A US court ruling that denied a request by alleged spamming organisation e360Insight to suspend the domain name of London-based anti-spam organisation The Spamhaus Project has been styled ‘…a devastating loss of personal freedom for all US citizens…’ In a statement president and ceo of e-mail marketing company David Linhardt continued: “If the court cannot prevent Spamhaus from violating its order, then Spamhaus will continue to censor and control the e-mail messages Americans can receive.”

The short background to this is as follows. Spamhaus included e360Insight on its blacklist of spammers. Earlier this month e360Insight won compensatory damages of US$11.7mn against Spamhaus in a judgment that, inter alia, ordered Spamhaus to permanently remove Linhardt’s spam evidence records, to post a notice stating that Linhardt is ‘not a spammer’ and to cease blocking spam sent by Linhardt's company e360 Insight LLC to Spamhaus’ users.

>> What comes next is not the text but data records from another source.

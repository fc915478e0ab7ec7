//! A million records: of one date, and with fields of every length that is allowed. No length and no number is an
//! error, and one record more ends a source.

use super::gates::counters;
use super::streams::{Counter, Text};
use super::{HEADER, Host, RECORD, end_on_one_thread, plain_setup, report_of};
use register_records::{PlainOutput, SourceEnd};
use std::alloc::Global;
use std::io;
use std::io::Read;
use std::sync::atomic::{AtomicU64, Ordering};

/// The most records of a source.
const MOST: u32 = 1_000_000;

/// A quote stands twice in a field between quotes.
const QUOTES: &[u8] =
    b"\"\"\"\"\"\"\"\"\"\"\"\"\"\"\"\"\"\"\"\"\"\"\"\"\"\"\"\"\"\"\"\"\"\"\"\"\"\"\"\"\"\"\"\"\"\"\"\"\"\"\"\"\"\"\"\"\"\"\"\"\"\"\"\"\"\"\"\"\"\"\"\"\"\"\"\"\"\"\"\"\"\"";

/// A reader of the most records: record k has an id of k modulo 41 quotes, the calendar `gregorian` with k modulo 8
/// spaces behind it, and the date 1970-01-01 behind k modulo 23 spaces.
#[derive(Drop)]
struct Lengths {
    rest: &'static [u8],
    number: u32,
    // The part of the record that comes next.
    part: u32,
}

/// A part of a record.
fn part_of(number: u32, part: u32) -> &'static [u8] {
    let (text, length) = match part {
        0 => (QUOTES, number % 41 * 2 + 2),
        1 => (b",gregorian       ".as_slice(), number % 8 + 10),
        2 => (b",                      ".as_slice(), number % 23 + 1),
        _ => (b"1970-01-01\n".as_slice(), 11),
    };
    text.get(..length as usize).unwrap_or(b"")
}

impl Lengths {
    fn new() -> Lengths {
        Lengths {
            rest: HEADER,
            number: 1,
            part: 0,
        }
    }

    /// Goes on to the next part. A record without quotes has no first one.
    fn advance(&mut self) {
        if self.part < 3 {
            self.part = self.part.saturating_add(1);
            return;
        }
        self.number = self.number.saturating_add(1);
        self.part = if self.number % 41 == 0 { 1 } else { 0 };
    }
}

impl Read for Lengths {
    fn read(&mut self, buf: &mut [u8]) -> io::Result<usize> {
        if self.rest.is_empty() && self.number <= MOST {
            self.rest = part_of(self.number, self.part);
            self.advance();
        }
        self.rest.read(buf)
    }
}

/// The bytes of the heading, and of the lines of so many records of one date: 41 and the digits of its number for each.
const BYTES_OF_MOST: u64 = 46_888_936;

const BYTES_OF_ONE_LESS: u64 = BYTES_OF_MOST - 48;

/// The bytes of the table of records of all lengths, which a Python program added up, line by line.
const BYTES_OF_LENGTHS: u64 = 102_339_821;

/// Whether a source is whole with so many rows, or for none broken since it has too many.
fn is_right(end: &SourceEnd, wanted: Option<u32>) -> bool {
    match end {
        SourceEnd::Whole { rows, refused, .. } => wanted == Some(*rows) && *refused == 0,
        SourceEnd::Broken { cause } => wanted.is_none() && cause.number() == 7,
    }
}

/// Whether one thread converts a source to so many rows and bytes.
fn one_thread_converts<R: Read + Drop>(
    alloc: Global,
    source: R,
    wanted: Option<u32>,
    bytes: u64,
) -> bool {
    let (rows, written) = (AtomicU64::new(0), AtomicU64::new(0));
    let mut output = PlainOutput::new(Counter::new(&rows, &written), 1);
    let end = end_on_one_thread(alloc, source, &mut output);
    let is_right = match end {
        Some(end) => is_right(&end, wanted),
        None => false,
    };
    is_right && written.load(Ordering::SeqCst) == bytes
}

#[test]
fn one_thread_converts_a_million_records_and_no_more(rt: HostRuntime) {
    for (count, wanted, bytes) in [
        (MOST - 1, Some(MOST - 1), BYTES_OF_ONE_LESS),
        (MOST, Some(MOST), BYTES_OF_MOST),
        (MOST + 1, None, BYTES_OF_MOST),
    ] {
        let source = Text::new(HEADER, RECORD, count);
        assert!(rt;
            one_thread_converts(rt.alloc(), source, wanted, bytes),
            "{count} records"
        );
    }
    assert!(rt;
        one_thread_converts(rt.alloc(), Lengths::new(), Some(MOST), BYTES_OF_LENGTHS),
        "all lengths"
    );
}

/// Whether the sources of a run end so.
fn are_right(ends: &[SourceEnd], wanted: &[Option<u32>]) -> bool {
    let mut right = 0usize;
    for (end, wanted) in ends.iter().zip(wanted) {
        if is_right(end, *wanted) {
            right = right.saturating_add(1);
        }
    }
    ends.len() == wanted.len() && right == wanted.len()
}

/// Whether a run converts sources to so many rows, and to so many bytes together.
fn run_converts<R: Read + Send + Drop>(
    rt: &impl Host,
    alloc: Global,
    (ring, stripes): (usize, usize),
    sources: Option<Vec<R>>,
    wanted: &[Option<u32>],
    bytes: u64,
) -> bool {
    let (rows, written) = (AtomicU64::new(0), AtomicU64::new(0));
    let outputs = counters(alloc, wanted.len(), &rows, &written);
    let setup = plain_setup(ring, stripes);
    let report = report_of(rt, alloc, setup, sources, outputs.ok());
    let are_right = match report {
        Some(report) => are_right(report.ends.as_slice(), wanted),
        None => false,
    };
    are_right && written.load(Ordering::SeqCst) == bytes
}

/// Whether a run of so many stripes converts a million records, and no more of one more beside it; and a million
/// records of all lengths.
fn runs_convert(rt: &impl Host, alloc: Global, stripes: usize) -> bool {
    let texts = Vec::from_array(
        alloc,
        [
            Text::new(HEADER, RECORD, MOST),
            Text::new(HEADER, RECORD, MOST + 1),
        ],
    );
    let lengths = Vec::from_array(alloc, [Lengths::new()]);
    let wanted = [Some(MOST), None];
    run_converts(
        rt,
        alloc,
        (4096, stripes),
        texts.ok(),
        &wanted,
        2 * BYTES_OF_MOST,
    ) && run_converts(
        rt,
        alloc,
        (64, stripes),
        lengths.ok(),
        &wanted[..1],
        BYTES_OF_LENGTHS,
    )
}

#[test]
fn a_run_converts_a_million_records_and_no_more(rt: HostRuntime) {
    for stripes in [1, 4] {
        assert!(rt; runs_convert(&rt, rt.alloc(), stripes), "{stripes} stripes");
    }
}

Having decided to appeal, the possibility at that point was that Spamhaus would have disregarded any future adverse rulings, arguing that since it was based in the UK the US court had no jurisdiction. Certainly the Spamhaus website’s response to the ruling was uncompromising. Here’s a less incendiary part of the response. “Spamhaus firmly stands by its position that Linhardt is a spammer (ie: ‘a sender of unsolicited bulk e-mail’), Spamhaus has large samples of spam advertising Linhardt's website www.bargaindepot.net, sent to Spamtraps and non-existent users, including spam sent to some of Spamhaus own investigators, plus many complaints from Internet users ready to testify they never opted-in to any such list and were being spammed by Linhardt.”

Either way though, e360Insight then upped the ante and endeavoured to have Spamhaus’ domain name suspended. But Judge Charles Kocoras declined the request to compel the Internet Corporation for Assigned Names and Numbers (ICANN) and Tucows, Spamhaus’ domain registrar, to suspend its domain name. Kocoras broadly reasoned that the remedy sought was out of proportion to the gravity of the offense.

In his response to the reversal Linhardt, characterised by Spamhaus as ‘…a one-man bulk e-mail marketing outfit based in Chicago…’ has played the patriot card. “The US Government used taxpayer dollars to create, develop and commercialise Internet technology and infrastructure. Now, a foreign organisation is using the Internet to interfere with the personal freedoms of all Americans.” he posted. “Spamhaus, a UK-based organisation, is currently defying a US Federal Court order and is improperly blocking e-mail messages affecting millions of Americans everyday. Thousands of US Internet Service Providers and domain administrators are using Spamhaus right now to block e-mail messages. As a result, Americans are unable to receive the messages they have requested.”

It might be worth reading that again, but best not to think Samuel Johnson here.